Waleran III of Meulan
Waleran III (fl. 1180–1193) was the eldest son and heir of Count Robert II of Meulan and co-ruler of the county of Meulan during his father's lifetime.[1]
Waleran was associated with his father in the sale of a mill to the Priory of the Holy Trinity in 1180.[2] In 1182 or 1183, his father associated him in the rule of Meulan and the lordship of Beaumont-le-Roger and handed over the castle of Meulan to him. He used the title "count and lord of the castle of Meulan".[3] He also named him as his heir in those lands while reserving other lands for his other children.[4]
Waleran's marriage to Margaret, daughter of Ralph II of Fougères, was negotiated at Mortain in 1189. The negotiations brought together many of the leading men of the Duchy of Normandy to stand as pledges or sureties for the nuptial contract.[5] In a subsequent act, Robert, in preparation to go on crusade, bestowed all his lands on Waleran as his universal heir, reserving only his right to bequeath lands to his other children.[3][6] Waleran and Margaret had a son named Ralph, who became the lord of Courseulles-sur-Mer and was still living in 1266.[7]
With his father, Waleran joined Richard I of England on the Third Crusade (1190–1191).[8] According to some sources, he died in battle against the Seljuk Turks.[9] In the romance Foulques de Candie, he is depicted dying in single combat against a Saracen leader.[8] In 1193–1194, however, he is recorded at Mortain as a witness to an act of Count John Lackland.[9] He predeceased his father.[10] He probably died around 1197.[4]
Margaret of Fougères outlived her husband, dying in 1209.[7] She may be the old contesse de Meullent mentioned in the song Ja de chanter en ma vie by the trouvère Renaut de Sabloeil.[11]
References
- ^ Daniel Power, The Norman Frontier in the Twelfth and Early Thirteenth Centuries (Cambridge University Press, 2004), p. 509 (Meulan family tree).
- ^ Étienne Deville, ed., Cartulaire de l'église de la Sainte-Trinité de Beaumont-le-Roger, publiée d'après le manuscrit original de la Bibliothèque Mazarine, avec introduction, notes, notices, appendices, tables (H. Champion, 1912), p. 203, doc.
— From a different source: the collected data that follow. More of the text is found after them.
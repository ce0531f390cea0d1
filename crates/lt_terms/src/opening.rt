//! Opening of abstractions.
ghost use Rattle.std.specs.Prelude.{◌≡◌, [], Some, true, IfOk};
ghost use Rattle.lt_terms.specs.BoundNames.{binders_in};
ghost use Rattle.lt_terms.specs.Layout.{HasRoom};
ghost use Rattle.lt_terms.specs.Openings.{grow_open, is_abstraction, is_at, is_lambda, opening};

use crate::bound_names::{Binder, binders};
use crate::term::{Term, TermNode};
use crate::term_builder::TermBuilder;
use lt_types::{Memory, TryCopy};
use std::alloc::Global;

/// The body of an abstraction with another term put for the bound names of its binder; None where
/// the term is no abstraction.
///
/// It takes time linear in the term and in what is answered, where a look-up counts as one.
pub fn open_binder(alloc: Global, lam: &Term, by: &Term) -> Result<Option<Term>, Memory>
    ensures { IfOk result (λ r. r ≡ opening lam.now by.now) }
{
    if !is_abstraction(lam) {
        return Ok(None);
    }
    Ok(Some(opened_body(alloc, lam, by)?))
}

/// Whether a term is an abstraction.
fn is_abstraction(t: &Term) -> bool
    ensures { result ≡ is_abstraction t.now }
{
    is_lambda(t.node(t.len() - 1))
}

/// Whether a node is that of an abstraction.
fn is_lambda(node: &TermNode) -> bool
    ensures { result ≡ is_lambda node.now }
{
    match node {
        TermNode::Lam(_, _, _) => true,
        _ => false,
    }
}

/// The body of an abstraction with another term put for the bound names of its binder, which stands
/// at the root.
fn opened_body(alloc: Global, lam: &Term, by: &Term) -> Result<Term, Memory>
    requires { is_abstraction lam.now ≡ true }
    ensures { IfOk result (λ t. opening lam.now by.now ≡ Some t) }
{
    let binders = binders(alloc, lam)?;
    let nodes = lam.nodes();
    let root = nodes.len() - 1;
    let mut builder = TermBuilder::new(alloc);
    for at in 0..root {
        builder = put(builder, alloc, &nodes[at], binders[at], root, by)?;
    }
    Ok(builder.finish())
}

/// What a node makes of terms in which a term was put for the bound names of the binder at a place.
fn put(
    builder: TermBuilder,
    alloc: Global,
    node: &TermNode,
    binder: Option<Binder>,
    place: usize,
    by: &Term,
) -> Result<TermBuilder, Memory>
    requires { HasRoom builder node.now }
    ensures { IfOk result (λ b. b ≡ grow_open place by.now builder node.now binder) }
{
    if is_at(binder, place) {
        return Ok(builder.term(alloc, by)?);
    }
    Ok(builder.node(alloc, node.copy(alloc)?)?)
}

/// Whether a binder stands at a place.
fn is_at(binder: Option<Binder>, place: usize) -> bool
    ensures { result ≡ is_at place binder }
{
    match binder {
        Some(binder) => binder.place == place,
        None => false,
    }
}
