//! Terms that are made one after another, from their nodes in post-order.
ghost use Rattle.std.specs.Prelude.{◌≡◌, ◌≤◌, [], ◌∷◌, length, IfOk, OnOk, OnErr};
ghost use Rattle.lt_definitions.specs.Terms.{free_variable, bound_name, constant};
ghost use Rattle.lt_terms.specs.Layout.{HasRoom, IsLeaf, applied, abstracted, grow};

use crate::term::{Term, TermNode};
use lt_types::{List, Memory, Name, TryCopy, Ty};
use std::alloc::Global;
use std::marker::Model;

/// Terms that are being made, which contracts see as the list of those made so far, the last one
/// first.
///
/// It is the way to make a term in time linear in its nodes, however deep it is. After want of memory
/// the calls that begin with `push` leave it as it was.
#[derive(Debug, Drop)]
pub struct TermBuilder {
    nodes: Vec<TermNode>,
    roots: Vec<usize>,
}

impl Model for TermBuilder {
    ghost use Rattle.std.specs.Prelude.{List, []};
    ghost use Rattle.std.specs.Coded.{coded_list};
    ghost use Rattle.lt_definitions.specs.Terms.{TermTree};
    ghost use Rattle.lt_terms.specs.Codes.{coded_term};

    ghost Value = { List TermTree };

    ghost coded = { coded_list coded_term };

    ghost use Rattle.lt_terms.specs.Layout.{forest, IsStack};

    ghost view = { λ b. forest [] b.nodes.items };

    ghost invariant = { λ b. IsStack b.nodes.items b.roots.items (forest [] b.nodes.items) };
}

impl TermBuilder {
    /// No terms yet.
    pub fn new(alloc: Global) -> TermBuilder
        ensures { result ≡ [] }
    {
        TermBuilder {
            nodes: Vec::new(alloc),
            roots: Vec::new(alloc),
        }
    }

    /// One term, whose nodes are taken over in constant time.
    pub fn after(alloc: Global, term: Term) -> Result<TermBuilder, Memory>
        ensures { IfOk result (λ b. b ≡ term ∷ []) }
    {
        let nodes = term.into_nodes();
        let roots = Vec::new(alloc);
        Ok(TermBuilder { nodes, roots })
    }

    /// How many terms were made and are no part of another yet.
    pub fn len(&self) -> usize
        ensures { result ≡ length self.now }
    {
        if self.nodes.len() == 0 {
            return 0;
        }
        self.roots.len() + 1
    }

    /// One more node without children.
    fn push_leaf(&mut self, node: TermNode) -> Result<(), Memory>
        requires { IsLeaf node }
        ensures ok { OnOk result (self.new ≡ grow self.old node) }
        ensures err { OnErr result (self.new ≡ self.old) }
    {
        let count = self.nodes.len();
        if count == 0 {
            self.nodes.push(node)?;
            return Ok(());
        }
        self.roots.reserve(1)?;
        self.nodes.push(node)?;
        self.roots.push_reserved(count - 1);
        Ok(())
    }

    /// One more term, a free variable.
    pub fn push_free(&mut self, _alloc: Global, name: Name, ty: Ty) -> Result<(), Memory>
        ensures ok { OnOk result (self.new ≡ free_variable name ty ∷ self.old) }
        ensures err { OnErr result (self.new ≡ self.old) }
    {
        self.push_leaf(TermNode::Free(name, ty))
    }

    /// One more term, a bound name.
    pub fn push_bound(&mut self, _alloc: Global, name: Name) -> Result<(), Memory>
        ensures ok { OnOk result (self.new ≡ bound_name name ∷ self.old) }
        ensures err { OnErr result (self.new ≡ self.old) }
    {
        self.push_leaf(TermNode::Bound(name))
    }

    /// One more term, a constant with its type arguments.
    pub fn push_constant(
        &mut self,
        _alloc: Global,
        name: Name,
        types: List<Ty>,
    ) -> Result<(), Memory>
        ensures ok { OnOk result (self.new ≡ constant name types ∷ self.old) }
        ensures err { OnErr result (self.new ≡ self.old) }
    {
        self.push_leaf(TermNode::Const(name, types))
    }

    /// The last two terms become function and argument of an application.
    pub fn push_app(&mut self, _alloc: Global) -> Result<(), Memory>
        requires { 2 ≤ length self.old }
        ensures ok { OnOk result (self.new ≡ applied self.old) }
        ensures err { OnErr result (self.new ≡ self.old) }
    {
        let function = self.roots[self.roots.len() - 1];
        let argument = self.nodes.len() - 1;
        self.nodes.push(TermNode::App(function, argument))?;
        let _function = self.roots.take_last();
        Ok(())
    }

    /// The last term becomes the body of an abstraction.
    pub fn push_lam(&mut self, _alloc: Global, name: Name, ty: Ty) -> Result<(), Memory>
        requires { 1 ≤ length self.old }
        ensures ok { OnOk result (self.new ≡ abstracted name ty self.old) }
        ensures err { OnErr result (self.new ≡ self.old) }
    {
        let body = self.nodes.len() - 1;
        self.nodes.push(TermNode::Lam(name, ty, body))?;
        Ok(())
    }

    /// What a node makes of the last terms; its places are made anew.
    pub fn push_node(&mut self, alloc: Global, node: TermNode) -> Result<(), Memory>
        requires { HasRoom self.old node }
        ensures ok { OnOk result (self.new ≡ grow self.old node) }
        ensures err { OnErr result (self.new ≡ self.old) }
    {
        match node {
            TermNode::Free(name, ty) => self.push_free(alloc, name, ty),
            TermNode::Bound(name) => self.push_bound(alloc, name),
            TermNode::Const(name, types) => self.push_constant(alloc, name, types),
            TermNode::App(_, _) => self.push_app(alloc),
            TermNode::Lam(name, ty, _) => self.push_lam(alloc, name, ty),
        }
    }

    /// As `push_free`, for a builder that is handed on.
    pub fn free(self, alloc: Global, name: Name, ty: Ty) -> Result<TermBuilder, Memory>
        ensures { IfOk result (λ b. b ≡ free_variable name ty ∷ self) }
    {
        let mut builder = self;
        builder.push_free(alloc, name, ty)?;
        Ok(builder)
    }

    /// As `push_bound`, for a builder that is handed on.
    pub fn bound(self, alloc: Global, name: Name) -> Result<TermBuilder, Memory>
        ensures { IfOk result (λ b. b ≡ bound_name name ∷ self) }
    {
        let mut builder = self;
        builder.push_bound(alloc, name)?;
        Ok(builder)
    }

    /// As `push_constant`, for a builder that is handed on.
    pub fn constant(self, alloc: Global, name: Name, types: List<Ty>) -> Result<TermBuilder, Memory>
        ensures { IfOk result (λ b. b ≡ constant name types ∷ self) }
    {
        let mut builder = self;
        builder.push_constant(alloc, name, types)?;
        Ok(builder)
    }

    /// As `push_app`, for a builder that is handed on.
    pub fn app(self, alloc: Global) -> Result<TermBuilder, Memory>
        requires { 2 ≤ length self }
        ensures { IfOk result (λ b. b ≡ applied self) }
    {
        let mut builder = self;
        builder.push_app(alloc)?;
        Ok(builder)
    }

    /// As `push_lam`, for a builder that is handed on.
    pub fn lam(self, alloc: Global, name: Name, ty: Ty) -> Result<TermBuilder, Memory>
        requires { 1 ≤ length self }
        ensures { IfOk result (λ b. b ≡ abstracted name ty self) }
    {
        let mut builder = self;
        builder.push_lam(alloc, name, ty)?;
        Ok(builder)
    }

    /// As `push_node`, for a builder that is handed on.
    pub fn node(self, alloc: Global, node: TermNode) -> Result<TermBuilder, Memory>
        requires { HasRoom self node }
        ensures { IfOk result (λ b. b ≡ grow self node) }
    {
        let mut builder = self;
        builder.push_node(alloc, node)?;
        Ok(builder)
    }

    /// One more term, equal to `term`.
    pub fn term(self, alloc: Global, term: &Term) -> Result<TermBuilder, Memory>
        ensures { IfOk result (λ b. b ≡ term.now ∷ self) }
    {
        let mut builder = self;
        for node in term.nodes() {
            builder.push_node(alloc, node.copy(alloc)?)?;
        }
        Ok(builder)
    }

    /// The one term that was made, in a vector of just its nodes where memory allows it.
    pub fn finish(self) -> Term
        requires { length self ≡ 1 }
        ensures { self ≡ result ∷ [] }
    {
        let TermBuilder {
            mut nodes,
            roots: _,
        } = self;
        nodes.shrink_to_fit();
        Term::from_nodes(nodes)
    }
}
CCXLVI.
- ^ a b Holger Petersen Dyggve, "Personnages historiques figurant dans la poésie lyrique française des XIIe et XIIIe siècles", Neuphilologische Mitteilungen 45.2 (1944), p. 88: "comes et castri Mellentis dominus".
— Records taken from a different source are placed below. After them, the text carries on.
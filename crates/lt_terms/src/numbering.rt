//! The type variables of terms, numbered in order of first appearance.
ghost use Rattle.std.specs.Prelude.{◌≡◌, ◌++◌, ◌∷◌, List, None, codes, IfOk, OnOk};
ghost use Rattle.std.specs.Fmt.{decimal};
ghost use Rattle.lt_definitions.specs.Types.{Chars, found, type_names, types_names, type_variable, row};
ghost use Rattle.lt_definitions.specs.Terms.{term_variables};
ghost use Rattle.lt_definitions.specs.Alpha.{numbered};
ghost use Rattle.lt_terms.specs.Numberings.{IsUnderway, node_names, parts, variable_names};

use crate::term::{Term, TermNode};
use lt_types::{List, Memory, Name, TryCopy, Ty, TyMap, TyNode};
use std::alloc::Global;

/// The map from a term's type variables to 't1, 't2, .., in order of first appearance.
///
/// It takes time linear in the term with its types, where a look-up counts as one.
pub(crate) fn numbering(alloc: Global, t: &Term) -> Result<TyMap, Memory>
    ensures { IfOk result (λ m. m ≡ numbered 1 (term_variables t.now)) }
{
    let mut map = TyMap::new(alloc);
    let mut places = Vec::new(alloc);
    places.push(t.len() - 1)?;
    while let Some(at) = places.pop() {
        let node = t.node(at);
        map = number_node(alloc, map, node)?;
        push_parts(&mut places, node)?;
    }
    Ok(map)
}

/// Adds the places of a node's parts, the first part last.
fn push_parts(places: &mut Vec<usize>, node: &TermNode) -> Result<(), Memory>
    ensures { OnOk result (places.new.items ≡ places.old.items ++ parts node.now) }
{
    match node {
        TermNode::App(function, argument) => {
            places.push(*argument)?;
            places.push(*function)?;
        }
        TermNode::Lam(_, _, body) => places.push(*body)?,
        TermNode::Free(_, _) | TermNode::Bound(_) | TermNode::Const(_, _) => {}
    }
    Ok(())
}

/// Numbers the type variables of a node.
fn number_node(alloc: Global, map: TyMap, node: &TermNode) -> Result<TyMap, Memory>
    ensures { IfOk result (λ m. (later all : List Chars)
        → IsUnderway map (node_names node.now ++ later) all → IsUnderway m later all) }
{
    match node {
        TermNode::Free(_, ty) => number_type(alloc, map, ty),
        TermNode::Const(_, types) => number_types(alloc, map, types),
        TermNode::Lam(_, ty, _) => number_type(alloc, map, ty),
        TermNode::Bound(_) | TermNode::App(_, _) => Ok(map),
    }
}

/// Numbers the type variables of types.
fn number_types(alloc: Global, map: TyMap, types: &List<Ty>) -> Result<TyMap, Memory>
    ensures { IfOk result (λ m. (later all : List Chars)
        → IsUnderway map (types_names (row types.now) ++ later) all → IsUnderway m later all) }
{
    let mut map = map;
    for ty in types.as_slice() {
        map = number_type(alloc, map, ty)?;
    }
    Ok(map)
}

/// Numbers the type variables of a type.
fn number_type(alloc: Global, map: TyMap, ty: &Ty) -> Result<TyMap, Memory>
    ensures { IfOk result (λ m. (later all : List Chars)
        → IsUnderway map (type_names ty.now ++ later) all → IsUnderway m later all) }
{
    let mut map = map;
    for node in ty.nodes() {
        map = number_variable(alloc, map, node)?;
    }
    Ok(map)
}

/// Numbers the type variable of a node, if it is one.
fn number_variable(alloc: Global, map: TyMap, node: &TyNode) -> Result<TyMap, Memory>
    ensures { IfOk result (λ m. (later all : List Chars)
        → IsUnderway map (variable_names node.now ++ later) all → IsUnderway m later all) }
{
    match node {
        TyNode::Var(name) => number_name(alloc, map, name),
        TyNode::Con(_, _) => Ok(map),
    }
}

/// Numbers a type variable, if it has no number yet.
fn number_name(alloc: Global, map: TyMap, name: &Name) -> Result<TyMap, Memory>
    ensures { IfOk result (λ m. (later all : List Chars) → IsUnderway map (name.now ∷ later) all
        → IsUnderway m later all) }
{
    if map.get(name).is_some() {
        return Ok(map);
    }
    Ok(add_number(alloc, map, name)?)
}

/// Gives the next number to a type variable that has none.
fn add_number(alloc: Global, map: TyMap, name: &Name) -> Result<TyMap, Memory>
    requires { found name.now map ≡ None }
    ensures { IfOk result (λ m. (later all : List Chars) → IsUnderway map (name.now ∷ later) all
        → IsUnderway m later all) }
{
    let mut map = map;
    let image = numbered_variable(alloc, map.len() + 1)?;
    map.put(alloc, name.copy(alloc)?, image)?;
    Ok(map)
}

/// The type variable of a number.
fn numbered_variable(alloc: Global, number: usize) -> Result<Ty, Memory>
    ensures { IfOk result (λ t. t ≡ type_variable (codes "t" ++ decimal number)) }
{
    let text = format!(in alloc; "t{number}")?;
    let name = Name::word(alloc, text.as_str())?;
    Ok(Ty::var(alloc, name)?)
}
- ^ a b David Crouch, "Testament and Inheritance: The Lessons of the Brief Widowhood of Isabel, Countess of Pembroke", in Travis R. Baker, ed., Law and Society in Later Medieval England and Ireland: Essays in Honour of Paul Brand (Routledge, 2017), p. 42.
- ^ Daniel Power, The Norman Frontier in the Twelfth and Early Thirteenth Centuries (Cambridge University Press, 2004), pp. 240, 251–252.
- ^ Étienne Deville, ed., Cartulaire de l'église de la Sainte-Trinité de Beaumont-le-Roger, publiée d'après le manuscrit original de la Bibliothèque Mazarine, avec introduction, notes, notices, appendices, tables (H. Champion, 1912), p. 214, doc. CCLXI.
- ^ a b Daniel Power, The Norman Frontier in the Twelfth and Early Thirteenth Centuries (Cambridge University Press, 2004), p. 499 (Fougères family tree).
- ^ a b Holger Petersen Dyggve, "Personnages historiques figurant dans la poésie lyrique française des XIIe et XIIIe siècles", Neuphilologische Mitteilungen 45.2 (1944), p. 89.
- ^ a b Daniel Power, The Norman Frontier in the Twelfth and Early Thirteenth Centuries (Cambridge University Press, 2004), p. 405.
- ^ F. M. Powicke, The Loss of Normandy, 1189–1204: Studies in the History of the Angevin Empire (Manchester University Press, 1913), p. 503, says he was killed on a pilgrimage.
- ^ Holger Petersen Dyggve, "Personnages historiques figurant dans la poésie lyrique française des XIIe et XIIIe siècles", Neuphilologische Mitteilungen 45.2 (1944), p. 91, dates this song to the 1230s.